Lines before the one containing "reports += reports_here;" are left out; copy that line and every later line through the end of the data exactly.

::::::::::

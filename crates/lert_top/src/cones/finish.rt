//! The end of all cones of a run.

ghost use Rattle.std.specs.Prelude.{◌≡◌, ◌^◌, ◌<◌, ℕ, List, length, IfErr, OnErr, OnOk};
ghost use Rattle.lert_base.specs.Packet.{Packet};
ghost use Rattle.lert_cone.specs.Stands.{IsSameCone, StandsFor, WasSound, is_refusal};
ghost use Rattle.lert_ingest.specs.Bays.{AreLater, IsLater, bays_of};
ghost use Rattle.lert_io.specs.Fault.{HasRisen};
ghost use Rattle.lert_top.specs.cones.Finish.{AreFinished, AreRunning, HasBroken, HasStopped, IsFinished};

use lert_bay::Bay;
use lert_cone::{Cone, ConeFault, ConeState};
use lert_cqf::Cqf;
use lert_ingest::Status;

/// Finishes all cones of a run, in ascending order, up to the first that its bay or a frame of it refuses.
pub fn finish_cones<B: Bay>(cones: &mut Vec<Cone<B, Cqf>>) -> Result<(), Status>
    requires running { AreRunning cones.old.items }
    requires few { length cones.old.items < 2 ^ 32 }
    ensures finished { OnOk result (AreFinished B.files B.leaves B.faults B.mark cones.old.items cones.new.items) }
    ensures stopped { IfErr result (HasStopped B.files B.leaves B.faults B.mark cones.old.items cones.new.items) }
{
    for number in 0..cones.len() {
        if let Err(fault) = finish_cone(&mut cones[number]) {
            return Err(Status::of_cone(number as u32, fault));
        }
    }
    Ok(())
}

// Finishes a running cone. A refusal leaves it broken, by its bay or by a frame.
fn finish_cone<B: Bay>(cone: &mut Cone<B, Cqf>) -> Result<(), ConeFault>
    requires { cone.old.state ≡ ConeState.Running }
    ensures finished { OnOk result (IsFinished B.files B.leaves B.faults B.mark cone.old cone.new) }
    ensures broke { IfErr result (λ fault. HasBroken B.files B.leaves B.faults B.mark fault cone.old cone.new) }
{
    match cone.finish() {
        Ok(_) => Ok(()),
        Err(fault) => Err(fault),
    }
}
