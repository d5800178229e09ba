//! The text of cones: the lines of each, one cone after the other, and the totals.

ghost use Rattle.std.specs.Prelude.{◌≡◌, ◌≤◌, ◌++◌, ℕ, List, [], length, map, Some, false, OnOk, OnErr};
ghost use Rattle.lert_cone.specs.Stands.{is_broken, is_finished as finished_test};
ghost use Rattle.lert_top.specs.cones.Print.{ArePrintable, printed_as};
ghost use Rattle.lert_io.specs.Fault.{HasCause};
ghost use Rattle.lert_spec.specs.Lines.{lines};
ghost use Rattle.lert_text.specs.Page.{IsCut};

use lert_base::Settings;
use lert_bay::Bay;
use lert_cone::{Cone, ConeState};
use lert_cqf::Cqf;
use lert_io::{Failed, Sink};
use lert_text::{Page, print_cone, print_total};

/// Prints all cones, in ascending order, and the totals, and writes what the page still holds.
pub fn print_cones<B: Bay, K: Sink>(
    page: &mut Page,
    out: &mut K,
    settings: &Settings,
    cones: &[Cone<B, Cqf>],
) -> Result<(), Failed>
    requires empty { page.old ≡ [] }
    requires few { length cones.now ≤ 256 }
    requires printable { ArePrintable settings.now cones.now }
    ensures ok { (text : List ℕ) → K.taken out.old ≡ Some text → OnOk result (K.taken out.new ≡ Some (text ++ lines (map printed_as cones.now))) }
    ensures cut { OnErr result (IsCut (K.taken out.old) (K.taken out.new) (lines (map printed_as cones.now))) }
    ensures cause { HasCause (K.faults out.old) (K.faults out.new) result }
    ensures mark { K.mark out.new ≡ K.mark out.old }
{
    let mut events = 0;
    let mut reports = 0;
    for number in 0..cones.len() {
        let cone = &cones[number];
        let closed = is_finished(cone.state());
        print_cone(
            page,
            out,
            number as u32,
            cone.events(),
            cone.reports().list(),
            closed,
        )?;
        let (events_here, reports_here) = numbers_of(settings, cone);
        events += events_here;
        reports += reports_here;
    }
    print_total(page, out, events, reports)
}

// Whether a cone takes no more packets since it was finished.
fn is_finished(state: ConeState) -> bool
    ensures { result ≡ finished_test state }
{
    matches!(state, ConeState::Finished)
}

// How many events and reports a cone has.
fn numbers_of<B: Bay>(settings: &Settings, cone: &Cone<B, Cqf>) -> (u64, u64)
    requires settings { cone.now.listing.settings ≡ settings.now }
    requires whole { is_broken cone.now.state ≡ false }
    ensures events { result.0 ≡ cone.now.events }
    ensures reports { result.1 ≡ length cone.now.reports }
    ensures few_events { result.0 ≤ 4294967295 }
    ensures few_reports { result.1 ≤ 4294967295 }
{
    let _valid = settings.numbers();
    (cone.events(), cone.reports().len() as u64)
}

::::::::::

• _WRITTEN REPLY_:
        reports += reports_here;
    }
    print_total(page, out, events, reports)
}

// Whether a cone takes no more packets since it was finished.
fn is_finished(state: ConeState) -> bool
    ensures { result ≡ finished_test state }
{
    matches!(state, ConeState::Finished)
}

// How many events and reports a cone has.
fn numbers_of<B: Bay>(settings: &Settings, cone: &Cone<B, Cqf>) -> (u64, u64)
    requires settings { cone.now.listing.settings ≡ settings.now }
    requires whole { is_broken cone.now.state ≡ false }
    ensures events { result.0 ≡ cone.now.events }
    ensures reports { result.1 ≡ length cone.now.reports }
    ensures few_events { result.0 ≤ 4294967295 }
    ensures few_reports { result.1 ≤ 4294967295 }
{
    let _valid = settings.numbers();
    (cone.events(), cone.reports().len() as u64)
}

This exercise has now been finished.